*** Begin section ***

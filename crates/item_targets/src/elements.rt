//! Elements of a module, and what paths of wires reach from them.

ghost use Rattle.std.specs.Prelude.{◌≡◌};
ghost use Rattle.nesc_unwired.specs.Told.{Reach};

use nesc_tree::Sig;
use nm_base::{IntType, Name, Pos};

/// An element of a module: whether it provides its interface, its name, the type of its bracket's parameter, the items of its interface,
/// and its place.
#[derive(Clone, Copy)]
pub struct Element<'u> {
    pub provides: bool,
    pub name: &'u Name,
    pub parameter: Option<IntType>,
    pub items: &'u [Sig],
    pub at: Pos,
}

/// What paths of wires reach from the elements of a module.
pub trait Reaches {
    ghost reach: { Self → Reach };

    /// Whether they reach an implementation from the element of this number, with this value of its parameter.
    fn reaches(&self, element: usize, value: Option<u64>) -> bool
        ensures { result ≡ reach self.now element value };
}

*** End section ***

WORK REQUIRED:
All of the lines above must be returned exactly.

TASK RESULT:
filename crates/item_targets/src/elements.rt
//! Elements of a module, and what paths of wires reach from them.

ghost use Rattle.std.specs.Prelude.{◌≡◌};
ghost use Rattle.nesc_unwired.specs.Told.{Reach};

use nesc_tree::Sig;
use nm_base::{IntType, Name, Pos};

/// An element of a module: whether it provides its interface, its name, the type of its bracket's parameter, the items of its interface,
/// and its place.
#[derive(Clone, Copy)]
pub struct Element<'u> {
    pub provides: bool,
    pub name: &'u Name,
    pub parameter: Option<IntType>,
    pub items: &'u [Sig],
    pub at: Pos,
}

/// What paths of wires reach from the elements of a module.
pub trait Reaches {
    ghost reach: { Self → Reach };

    /// Whether they reach an implementation from the element of this number, with this value of its parameter.
    fn reaches(&self, element: usize, value: Option<u64>) -> bool
        ensures { result ≡ reach self.now element value };
}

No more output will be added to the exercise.